How-to: The Last Choice, A Questioning Strategy for Your Astro 101 Lecture
11/30/2018
By Stacy Palen.
Often, in-class questions are presented as a binary choice: “Does the star grow, or does it shrink?”
I always couch these as, “How many of you think the star grows?" Wait for hands. "How many of you think it shrinks?" Wait for hands. "How many people think that 9:30 in the morning is an unfair time to ask that question?" (Wait for hands.)
The last choice, though it may seem frivolous, is really important.
I try to make these last choices light-hearted and a little bit funny. For example:
- “How many of you were asleep just now?”
- “How many of you were thinking about lunch?”
- “How many of you were thinking about puppies instead?”
- “How many of you wish we would just get to black holes already, and stop talking about nuclear fusion?”
You get the idea. The light humor helps them stay focused and makes it clear that I expect them to put up their hand for every question at some point, even if it’s the silly last choice. I expect them all to participate, every time.

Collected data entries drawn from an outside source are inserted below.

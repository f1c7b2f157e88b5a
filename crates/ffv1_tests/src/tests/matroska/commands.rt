//! Matroska files by the calls that read a file of either container.

use super::written_example::EXAMPLE;
use ffv1_engine::{Fault, Notes, Profile, check};
use ffv1_files::{Container, FileReader, Scope};
use ffv1_reads::FileFault;
use ffv1_wire::{FromRead, ToWrite};
use std::alloc::Global;
use std::process::Abort;
use std::test::Fail;

const FRAME: &[u8] = b"\xFE\x7B\x00\x00\x02";

static TOLD: &[u8] = b"frame 0: 5 bytes, 1 slices, 11 decisions\nframes 1\n";

#[test]
fn container_of_a_file(rt: HostRuntime) -> Result<(), Fail> {
    let mut input = FromRead::new(EXAMPLE.as_slice());
    let mut reader = FileReader::open(rt.alloc(), Scope::Whole, &mut input)?;
    let mut frame = Vec::new(rt.alloc());
    assert!(rt; reader.container() == Container::Matroska(Some(347)));
    assert!(rt; reader.head().width == 1);
    assert!(rt; reader.next_frame(&mut input, &mut frame) == Ok(true));
    assert!(rt; frame.as_slice() == FRAME);
    assert!(rt; reader.next_frame(&mut input, &mut frame) == Ok(false));
    Ok(())
}

#[test]
fn matroska_is_no_avi(rt: HostRuntime) -> Result<(), Fail> {
    let mut input = FromRead::new(EXAMPLE.as_slice());
    match FileReader::open(rt.alloc(), Scope::FirstMovi, &mut input) {
        Ok(_) => assert!(rt; false),
        Err(fault) => assert!(rt; fault == FileFault::NotAvi),
    }
    Ok(())
}

#[test]
fn frames_of_matroska_are_checked(rt: HostRuntime) -> Result<(), Fail> {
    let mut output = ToWrite::new(Vec::new(rt.alloc()));
    let mut input = FromRead::new(EXAMPLE.as_slice());
    let answer = check(rt.alloc(), Profile::Wide, &mut input, &mut output, false);
    assert!(rt; answer == Ok(Notes::NONE));
    assert!(rt; output.into_inner().as_slice() == TOLD);
    Ok(())
}

/// How many bytes of the example are left, and what a check of them writes that asks for places.
static CUT: [(usize, &[u8]); 5] = [
    (40, b"fault frame 0 byte 40\n"),
    (100, b"fault frame 0 byte 52\n"),
    (300, b"fault frame 0 byte 200\n"),
    (350, b"fault frame 0 byte 336\n"),
    (
        360,
        b"frame 0: 5 bytes, 1 slices, 11 decisions\nfault frame 1 byte 354\n",
    ),
];

/// A check of a part of a file finds it cut short, and writes this.
fn is_cut(rt: &impl Abort, alloc: Global, part: &[u8], text: &[u8]) {
    let mut output = ToWrite::new(Vec::new(alloc));
    let mut input = FromRead::new(part);
    let answer = check(alloc, Profile::Wide, &mut input, &mut output, true);
    assert!(rt; answer == Err(Fault::File(FileFault::Truncated)));
    assert!(rt; output.into_inner().as_slice() == text);
}

#[test]
fn the_byte_where_a_file_is_cut(rt: HostRuntime) {
    for &(left, text) in &CUT {
        match EXAMPLE.get(..left) {
            Some(part) => is_cut(&rt, rt.alloc(), part, text),
            None => assert!(rt; false),
        }
    }
}
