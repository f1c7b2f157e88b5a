//! Voids before the Segment.

use super::written_example::EXAMPLE;
use ffv1_matroska::MatroskaReader;
use ffv1_reads::FileFault;
use ffv1_wire::FromRead;
use std::alloc::Global;

/// How many bytes come before the frame of the smallest file with these before its Segment; or
/// before the element at fault, and its fault.
fn opened(alloc: Global, between: [u8; 10]) -> (u64, Option<FileFault>) {
    let mut file = [0u8; 409];
    file[..40].copy_from_slice(&EXAMPLE[..40]);
    file[40..50].copy_from_slice(&between);
    file[50..].copy_from_slice(&EXAMPLE[40..]);
    let mut offset = 0;
    let mut input = FromRead::new(file.as_slice());
    match MatroskaReader::open_located(alloc, None, &mut input, &mut offset) {
        Ok(reader) => (reader.offset(), None),
        Err(fault) => (offset, Some(fault)),
    }
}

/// Any number of them is passed.
#[test]
fn voids_are_passed(rt: HostRuntime) {
    assert!(rt; opened(rt.alloc(), *b"\xEC\x8812345678") == (330, None));
    assert!(rt; opened(rt.alloc(), *b"\xEC\x40\x071234567") == (330, None));
    assert!(rt; opened(rt.alloc(), *b"\xEC\x80\xEC\x81\xFF\xEC\x83123") == (330, None));
    assert!(rt; opened(rt.alloc(), *b"\xEC\x80\xEC\x80\xEC\x80\xEC\x80\xEC\x80") == (330, None));
}

/// One of a size that is unknown, or has nine bytes, is refused.
#[test]
fn sizes_of_voids(rt: HostRuntime) {
    let bad = Some(FileFault::BadElement);
    assert!(rt; opened(rt.alloc(), *b"\xEC\xFF12345678") == (40, bad));
    assert!(rt; opened(rt.alloc(), *b"\xEC\x82AB\xEC\x7F\xFF123") == (44, bad));
    assert!(rt; opened(rt.alloc(), *b"\xEC\x80\xEC\0\x80\x80\x80\x80\x80\x80") == (42, bad));
    let short = Some(FileFault::Truncated);
    assert!(rt; opened(rt.alloc(), *b"\xEC\x80\xEC\x42\0\0\0\0\0\0") == (42, short));
}

/// Any other element is.
#[test]
fn other_elements(rt: HostRuntime) {
    let other = Some(FileFault::NotMatroska);
    assert!(rt; opened(rt.alloc(), *b"\xBF\x841234\xEC\x8212") == (40, other));
    assert!(rt; opened(rt.alloc(), *b"\xEC\x82AB\xBF\x841234") == (44, other));
    assert!(rt; opened(rt.alloc(), *b"\x40\xEC\x8712345\0\0") == (40, other));
    assert!(rt; opened(rt.alloc(), *b"\xEC\x8A12345678") == (52, other));
    assert!(rt; opened(rt.alloc(), *b"\0\0\0\0\0\0\0\0\0\0") == (40, other));
}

The last choices -- and the way students react, by laughing or groaning, for example -- help me figure out where they are in their heads. Do I have their attention? Are they feeling confident to take a risk and make a guess? Are they actually listening to me at all? Were they really thinking about puppies?
I often don’t interpret that response in the moment. After class, while I’m walking back to my office and putting my notes away, I’ll think about what was happening in the classroom right at that time when I asked the last question.
Was there a better way to explain before I asked the question? Had I been talking too many minutes in a row? And so on. I might make a note in my lecture notes about a sticky concept, or an analogy that worked particularly well. This reflection afterwards helps me improve for next time.
Most importantly, the last choice gives students an “out.” It is an acknowledgement on my part that they might not know the answer, and that’s OK. I expect them to go ahead and guess sometimes! Giving the last choice makes it clear the question is not a referendum on how smart they are. I am genuinely asking the question because I am trying to figure out what they have understood so that I can help them.
Really, that’s what the last choice question is all about: it’s a less intimidating way for them to say, “I don’t know.”
The last choice helps students to stay focused because they know there will be a moment when they can answer honestly, and often it will come with a laugh.
A closing note on classroom technology: Sometimes I use “clickers." Sometimes I use a piece of paper divided in 4, with A, B, C, D written on each square; students fold the paper to show me the letter of their answer. Sometimes I just have them put up their hands, because the question is an extemporaneous one that just happened naturally in the course of my lecture. In this post, I talk about the questioning strategy as though it applies to extemporaneous questions. But of course, you could use this strategy for a planned questions, too.